Teuer wird es sowieso – und mit dem Zuwarten noch viel teurer. Das war noch in jedem Projekt so und ist insbesondere der Fall bei der Entsorgung von radioaktiven Stoffen. Die Gesellschaft muss diese Milliardenbeträge so oder so bezahlen. Es gibt noch Träumer, die glauben, die Kernenergie habe Zukunft. Doch sie ist insgesamt schlichtweg zu teuer im Vergleich zu den erneuerbaren Energien. Eigentlich ist diese Technologie genial. Aber auch teuflisch. Denn der Mensch kann damit nicht umgehen.»
Die Sicherheitsphilosophie des Ensi gibt es nur in der Schweiz – und sonst nirgends auf der Welt.
«Ich habe mich intensiv mit den Schweizer Anlagen beschäftigt, insbesondere mit Beznau und Mühleberg. In beiden Fällen ist der Betrieb eigentlich nicht mehr vertretbar.
Erstens sind die Anlagen gealtert: Die Belastungsfähigkeit der Materialien nimmt ab. Beispielsweise versprödet die Reaktordruck-Komponente – die wichtigste Komponente – durch Neutronenstrahlung. Dieser Prozess ist sehr weit fortgeschritten, und in Beznau hat man zusätzlich noch Gaseinschlüsse gefunden, die jetzt untersucht werden.
Vieles nicht nachrüstbar
Zweitens sind die Anlagen insgesamt veraltet.

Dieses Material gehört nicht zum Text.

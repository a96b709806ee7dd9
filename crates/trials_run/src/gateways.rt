//! Gateways: a line with several devices, of which one doesn't answer, or answers late.
use crate::guest::Speech;
use crate::orders::ORDER;
use crate::scenes::{
    AllTold, Behind, Left, Look, assert_readings, assert_told, look_behind, office_over, world_of,
};
use crate::wire::{Spell, Trouble};
use crate::world::World;
use office_core::OfficeError;
use office_plays::steps::Happens::{self, Load};
use office_plays::steps::push;
use poll_book::MemKeeper;
use std::alloc::Global;
use std::test::Fail;
use telling::{Trial, twice};

/// A gateway with two devices behind it.
pub(crate) const SITE: &str =
    "[[line]]\nname = \"roof\"\naddress = \"127.0.0.1:502\"\n[[device]]\nname = \"near\"\nline = \"roof\"\nunit = 1\n[[device]]\nname = \"far\"\nline = \"roof\"\nunit = 2\n";

/// The same, of which two queries may wait.
const SITE_OF_TWO: &str =
    "[[line]]\nname = \"roof\"\naddress = \"127.0.0.1:502\"\noutstanding = 2\n[[device]]\nname = \"near\"\nline = \"roof\"\nunit = 1\n[[device]]\nname = \"far\"\nline = \"roof\"\nunit = 2\n";

pub(crate) const IMAGE: &str =
    "[[unit]]\nid = 1\nholding_start = 41\nholding = [0]\n[[unit]]\nid = 2\nholding_start = 41\nholding = [0]\n";

/// The seconds of both devices; of the near one twenty times, so that it has twenty reads more than the far one.
const LIST: &str =
    "near,near,holding,41,uint16,,,gauge,\nfar,far,holding,41,uint16,,,gauge,\na0,near,holding,100,uint16,,,gauge,\na1,near,holding,102,uint16,,,gauge,\na2,near,holding,104,uint16,,,gauge,\na3,near,holding,106,uint16,,,gauge,\na4,near,holding,108,uint16,,,gauge,\na5,near,holding,110,uint16,,,gauge,\na6,near,holding,112,uint16,,,gauge,\na7,near,holding,114,uint16,,,gauge,\na8,near,holding,116,uint16,,,gauge,\na9,near,holding,118,uint16,,,gauge,\nb0,near,holding,120,uint16,,,gauge,\nb1,near,holding,122,uint16,,,gauge,\nb2,near,holding,124,uint16,,,gauge,\nb3,near,holding,126,uint16,,,gauge,\nb4,near,holding,128,uint16,,,gauge,\nb5,near,holding,130,uint16,,,gauge,\nb6,near,holding,132,uint16,,,gauge,\nb7,near,holding,134,uint16,,,gauge,\nb8,near,holding,136,uint16,,,gauge,\nb9,near,holding,138,uint16,,,gauge,\n";

pub(crate) const POINTS: &[Happens] = &[Load("l1", LIST)];

/// The same devices, of which the far one has a register to set.
const IMAGE_WITH_LIMIT: &str =
    "[[unit]]\nid = 1\nholding_start = 41\nholding = [0]\n[[unit]]\nid = 2\nholding_start = 40\nholding = [0, 0]\n";

const POINTS_WITH_LIMIT: &[Happens] = &[
    Load("l1", LIST),
    Load("l2", "lim,far,holding,40,uint16,,,setting,\n"),
];

/// A run for so many milliseconds, what is wrong with the near device, and what comes of it.
struct Run {
    ends: u64,
    spells: &'static [Spell],
    told: &'static str,
    // How many queries came at each moment, and to which unit identifier.
    asked: &'static [(u64, u8, usize)],
    near: &'static [(u32, u16)],
    far: &'static [(u32, u16)],
}

/// How many queries one behind the other came at one moment to one unit identifier.
fn counted(alloc: Global, asked: &[(u64, u8)]) -> Result<Vec<(u64, u8, usize)>, OfficeError> {
    let mut all: Vec<(u64, u8, usize)> = Vec::new(alloc);
    for (at, unit) in asked {
        match all.last_mut() {
            Some(last) if last.0 == *at && last.1 == *unit => last.2 = last.2.saturating_add(1),
            _ => push(&mut all, (*at, *unit, 1))?,
        }
    }
    Ok(all)
}

impl Look<MemKeeper> for Run {
    fn look(&self, trial: &Trial<'_>, left: &mut Left<MemKeeper>) -> Result<(), OfficeError> {
        assert_told(trial, &left.world, self.told)?;
        for wire in &left.world.wires {
            let asked = counted(trial.alloc(), &wire.asked)?;
            trial.told(&"asked", &asked.as_slice(), &self.asked);
        }
        assert_readings(trial, &mut left.office, "near", self.near)?;
        assert_readings(trial, &mut left.office, "far", self.far)
    }
}

/// A world of the gateway, and of callers, that ends after so many milliseconds.
fn gateway(
    alloc: Global,
    image: &'static str,
    run: &Run,
    speeches: &[Speech],
) -> Result<World, OfficeError> {
    let lines = [Behind {
        image,
        spells: run.spells,
    }];
    world_of(alloc, run.ends, &lines, speeches)
}

/// Expects what comes of a run over a gateway of a site and its points.
fn assert_in(
    trial: &Trial<'_>,
    site: &str,
    points: &[Happens],
    world: World,
    run: &Run,
) -> Result<(), OfficeError> {
    let alloc = trial.alloc();
    let office = office_over(alloc, MemKeeper::new(alloc), site, points)?;
    look_behind(trial, office, world, run)
}

fn assert_run(trial: &Trial<'_>, site: &str, run: &Run) -> Result<(), OfficeError> {
    let world = gateway(trial.alloc(), IMAGE, run, &[])?;
    assert_in(trial, site, POINTS, world, run)
}

/// The near device answers nothing.
pub(crate) const NEAR_IS_SILENT: &[Spell] = &[Spell {
    trouble: Trouble::Silent,
    unit: Some(1),
    from: 0,
    to: u64::MAX,
}];

const SAID_SILENT: &str =
    "1970-01-01T00:08:22Z office: line roof is up\n1970-01-01T00:08:25Z office: device near of line roof is silent\n";

const FAR_ALONE: &[(u32, u16)] = &[(100, 2), (101, 3), (102, 8)];

const DEAD: Run = Run {
    ends: 13_000,
    spells: NEAR_IS_SILENT,
    told: SAID_SILENT,
    asked: &[
        (0, 1, 16),
        (2000, 2, 1),
        (3000, 2, 1),
        (3000, 1, 1),
        (8000, 2, 1),
        (8000, 1, 1),
    ],
    near: &[],
    far: FAR_ALONE,
};

fn dead(trial: &Trial<'_>) -> Result<(), OfficeError> {
    assert_run(trial, SITE, &DEAD)
}

#[test]
fn a_dead_device_costs_those_behind_its_gateway_one_time_out(rt: HostRuntime) -> Result<(), Fail> {
    Ok(twice!(rt, dead)?)
}

/// A round whose device is dead is told at its slot's end, with what the others gave.
const DEAD_TOLD: AllTold = AllTold(
    "1970-01-01T00:08:22Z office: line roof is up\n1970-01-01T00:08:25Z office: line roof polled slot 100: asked 17 recorded 1 excepted 0 refused 0 in 3000 ms\n1970-01-01T00:08:25Z office: device near of line roof is silent\n1970-01-01T00:08:30Z office: line roof polled slot 101: asked 2 recorded 1 excepted 0 refused 0 in 5000 ms\n",
);

fn dead_told(trial: &Trial<'_>) -> Result<(), OfficeError> {
    let alloc = trial.alloc();
    let office = office_over(alloc, MemKeeper::new(alloc), SITE, POINTS)?;
    let world = gateway(alloc, IMAGE, &DEAD, &[])?;
    look_behind(trial, office, world, &DEAD_TOLD)
}

#[test]
fn a_round_of_a_dead_device_is_told_at_its_slots_end(rt: HostRuntime) -> Result<(), Fail> {
    Ok(twice!(rt, dead_told)?)
}

/// The same, of whose queries two may wait.
const DEAD_OF_TWO: Run = Run {
    ends: 13_000,
    spells: NEAR_IS_SILENT,
    told: SAID_SILENT,
    asked: &[
        (0, 1, 2),
        (2000, 2, 1),
        (3000, 2, 1),
        (3000, 1, 1),
        (8000, 2, 1),
        (8000, 1, 1),
    ],
    near: &[],
    far: FAR_ALONE,
};

fn dead_of_two(trial: &Trial<'_>) -> Result<(), OfficeError> {
    assert_run(trial, SITE_OF_TWO, &DEAD_OF_TWO)
}

#[test]
fn as_many_queries_wait_as_the_site_says(rt: HostRuntime) -> Result<(), Fail> {
    Ok(twice!(rt, dead_of_two)?)
}

/// The near device answers three seconds after the question, and two are waited for.
const LATE: Run = Run {
    ends: 23_000,
    spells: &[Spell {
        trouble: Trouble::Late(3_000),
        unit: Some(1),
        from: 3_000,
        to: u64::MAX,
    }],
    told: "1970-01-01T00:08:22Z office: line roof is up\n1970-01-01T00:08:30Z office: device near of line roof is silent\n1970-01-01T00:08:31Z office: device near of line roof answers again\n1970-01-01T00:08:35Z office: the round of line roof in slot 102 was cut\n1970-01-01T00:08:40Z office: the round of line roof in slot 103 was cut\n",
    asked: &[
        (0, 1, 21),
        (0, 2, 1),
        (3000, 1, 16),
        (5000, 2, 1),
        (6000, 1, 5),
        (8000, 2, 1),
        (8000, 1, 1),
        (9000, 1, 15),
        (11000, 1, 1),
        (12000, 1, 4),
        (13000, 1, 11),
        (14000, 1, 1),
        (15000, 1, 4),
        (16000, 1, 5),
        (16000, 2, 1),
        (18000, 1, 11),
        (19000, 1, 5),
        (21000, 1, 5),
        (21000, 2, 1),
    ],
    near: &[(100, 0), (101, 3), (102, 8), (103, 13), (104, 18)],
    far: &[(100, 0), (101, 5), (102, 8), (103, 16), (104, 21)],
};

fn late(trial: &Trial<'_>) -> Result<(), OfficeError> {
    assert_run(trial, SITE, &LATE)
}

#[test]
fn a_late_device_is_taken_up_again(rt: HostRuntime) -> Result<(), Fail> {
    Ok(twice!(rt, late)?)
}

/// What the near device is asked in slot 101 it answers in slot 102.
const BEHIND: Run = Run {
    ends: 13_000,
    spells: &[Spell {
        trouble: Trouble::Late(6_000),
        unit: Some(1),
        from: 3_000,
        to: 8_000,
    }],
    told: "1970-01-01T00:08:22Z office: line roof is up\n1970-01-01T00:08:30Z office: device near of line roof is silent\n1970-01-01T00:08:30Z office: device near of line roof answers again\n",
    asked: &[
        (0, 1, 21),
        (0, 2, 1),
        (3000, 1, 16),
        (5000, 2, 1),
        (8000, 2, 1),
        (8000, 1, 21),
    ],
    near: &[(100, 0), (101, 3), (102, 8)],
    far: &[(100, 0), (101, 5), (102, 8)],
};

fn behind(trial: &Trial<'_>) -> Result<(), OfficeError> {
    assert_run(trial, SITE, &BEHIND)
}

#[test]
fn an_answer_to_the_slot_before_is_recorded_in_it(rt: HostRuntime) -> Result<(), Fail> {
    Ok(twice!(rt, behind)?)
}

const ANOTHER: &str =
    "PUT /callers/ann/orders/k2 HTTP/1.1\r\nContent-Length: 26\r\n\r\n{\"point\":\"lim\",\"value\":81}";

/// The near device answers nothing, so that the round lasts as long as the slot; the far one takes a second.
const ORDERED: Run = Run {
    ends: 7_000,
    spells: &[
        Spell {
            trouble: Trouble::Silent,
            unit: Some(1),
            from: 0,
            to: u64::MAX,
        },
        Spell {
            trouble: Trouble::Late(1_000),
            unit: Some(2),
            from: 0,
            to: u64::MAX,
        },
    ],
    told: "1970-01-01T00:08:22Z office: line roof is up\n1970-01-01T00:08:25Z office: device near of line roof is silent\n1970-01-01T00:08:27Z office: device far of line roof did what was ordered\n1970-01-01T00:08:28Z office: device far of line roof did what was ordered\n",
    asked: &[
        (0, 1, 16),
        (2000, 2, 1),
        (3000, 2, 1),
        (3000, 1, 1),
        (4500, 2, 1),
        (5500, 2, 1),
    ],
    near: &[],
    far: &[(100, 2), (101, 3)],
};

/// Two orders come in the midst of a round, the second before the first is answered.
fn ordered(trial: &Trial<'_>) -> Result<(), OfficeError> {
    let speeches = [
        Speech::at_once(4_500, ORDER),
        Speech::at_once(4_600, ANOTHER),
    ];
    let world = gateway(trial.alloc(), IMAGE_WITH_LIMIT, &ORDERED, &speeches)?;
    assert_in(trial, SITE, POINTS_WITH_LIMIT, world, &ORDERED)
}

#[test]
fn an_order_is_sent_once_the_one_before_is_answered(rt: HostRuntime) -> Result<(), Fail> {
    Ok(twice!(rt, ordered)?)
}

/// A gateway with four devices behind it, of which one query may wait.
const SITE_OF_FOUR: &str =
    "[[line]]\nname = \"roof\"\naddress = \"127.0.0.1:502\"\noutstanding = 1\n[[device]]\nname = \"near\"\nline = \"roof\"\nunit = 1\n[[device]]\nname = \"two\"\nline = \"roof\"\nunit = 2\n[[device]]\nname = \"three\"\nline = \"roof\"\nunit = 3\n[[device]]\nname = \"far\"\nline = \"roof\"\nunit = 4\n";

const IMAGE_OF_FOUR: &str =
    "[[unit]]\nid = 1\nholding_start = 41\nholding = [0]\n[[unit]]\nid = 2\nholding_start = 41\nholding = [0]\n[[unit]]\nid = 3\nholding_start = 41\nholding = [0]\n[[unit]]\nid = 4\nholding_start = 41\nholding = [0]\n";

/// The seconds of each.
const POINTS_OF_FOUR: &[Happens] = &[Load(
    "l1",
    "near,near,holding,41,uint16,,,gauge,\ntwo,two,holding,41,uint16,,,gauge,\nthree,three,holding,41,uint16,,,gauge,\nfar,far,holding,41,uint16,,,gauge,\n",
)];

/// All but the last one answer nothing.
const ALL_BUT_FAR: &[Spell] = &[
    Spell {
        trouble: Trouble::Silent,
        unit: Some(1),
        from: 0,
        to: u64::MAX,
    },
    Spell {
        trouble: Trouble::Silent,
        unit: Some(2),
        from: 0,
        to: u64::MAX,
    },
    Spell {
        trouble: Trouble::Silent,
        unit: Some(3),
        from: 0,
        to: u64::MAX,
    },
];

/// Each dead device costs a time-out, so that the last one has no turn in two slots. Then it has the first, since the
/// others were silent, and of these the third is next in slot 103, behind the second, which fell silent last.
const THREE_DEAD: Run = Run {
    ends: 16_500,
    spells: ALL_BUT_FAR,
    told: "1970-01-01T00:08:22Z office: line roof is up\n1970-01-01T00:08:25Z office: line roof is down: nothing was answered in time\n1970-01-01T00:08:32Z office: line roof is up\n1970-01-01T00:08:35Z office: the round of line roof in slot 102 was cut\n1970-01-01T00:08:35Z office: device near of line roof is silent\n1970-01-01T00:08:35Z office: device two of line roof is silent\n1970-01-01T00:08:35Z office: device three of line roof is silent\n",
    asked: &[
        (0, 1, 1),
        (2000, 2, 1),
        (4000, 2, 1),
        (6000, 3, 1),
        (10000, 4, 1),
        (10000, 1, 1),
        (12000, 2, 1),
        (14000, 4, 1),
        (14000, 3, 1),
        (16000, 1, 1),
    ],
    near: &[],
    far: &[(102, 10), (103, 14)],
};

fn three_dead(trial: &Trial<'_>) -> Result<(), OfficeError> {
    let world = gateway(trial.alloc(), IMAGE_OF_FOUR, &THREE_DEAD, &[])?;
    assert_in(trial, SITE_OF_FOUR, POINTS_OF_FOUR, world, &THREE_DEAD)
}

#[test]
fn dead_devices_are_asked_behind_the_others(rt: HostRuntime) -> Result<(), Fail> {
    Ok(twice!(rt, three_dead)?)
}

In den letzten 40 Jahren hat man bezüglich Stör- und Unfällen viele Erfahrungen gesammelt. Daraus haben sich Notwendigkeiten ergeben, die man heute beim Bau neuer Anlagen berücksichtigt. Vieles davon ist in Mühleberg und Beznau nicht mehr nachrüstbar, weil es beispielsweise die Raumverhältnisse nicht zulassen.
So baut man heute räumlich getrennte Notkühleinrichtungen, damit beim Ausfall eines Systems das andere nicht mitgeschädigt wird. In Mühleberg führen beide Systeme durch einen gemeinsamen Raum. Wenn einer der Kühlstränge defekt ist, kann der zweite in Mitleidenschaft gezogen werden, und eine Kühlung ist dann nicht mehr möglich. Das sind essentielle Dinge. Und die können nicht nachgerüstet werden.
Ensi orientiert sich nicht am Notwendigen
Trotzdem will das Eidgenössische Nuklearsicherheitsinspektorat (Ensi) keine generelle Laufzeitbeschränkung, sondern entscheidet im Einzelfall: Ist die Anlage sicher, darf sie betrieben werden – egal, wie alt sie ist. Das Ensi spricht vom ‹Stand der Nachrüsttechnik›, der eingehalten sei. Daraus geht hervor, dass sie sich nicht an neuen Anlagen orientieren und an dem, was heute als notwendig erachtet wird, sondern an alten Anlagen und an dem, was noch machbar ist.
Was dieser ‹Stand der Nachrüsttechnik› genau ist, verrät das Ensi nicht. Wir haben zigmal nachgefragt. Es kam zu keinem Zeitpunkt eine klare Aussage. Er wird im Einzelfall festgelegt und ist bei Mühleberg wohl ein anderer als bei Leibstadt, obwohl beides Siedewasser-Reaktoren sind. In Mühleberg wird ein Kernmantel mit Rissen akzeptiert. In Leibstadt würde man das vermutlich nicht akzeptieren.
Ich kenne das Ensi und die Vorgängerinstitution HSK seit Jahrzehnten. Zwar bin ich Ausländer, und ich halte die Schweiz insgesamt sonst eigentlich für ein sehr seriöses Land. Doch ich glaube, dass im Ensi nur Leute arbeiten, die glauben, dass die Kernenergie notwendig ist. Diese Sicherheitsphilosophie, die das Ensi vertritt mit der ‹Stand der Nachrüstungstechnik›, das gibt es nur in der Schweiz – und sonst nirgends auf der Welt.»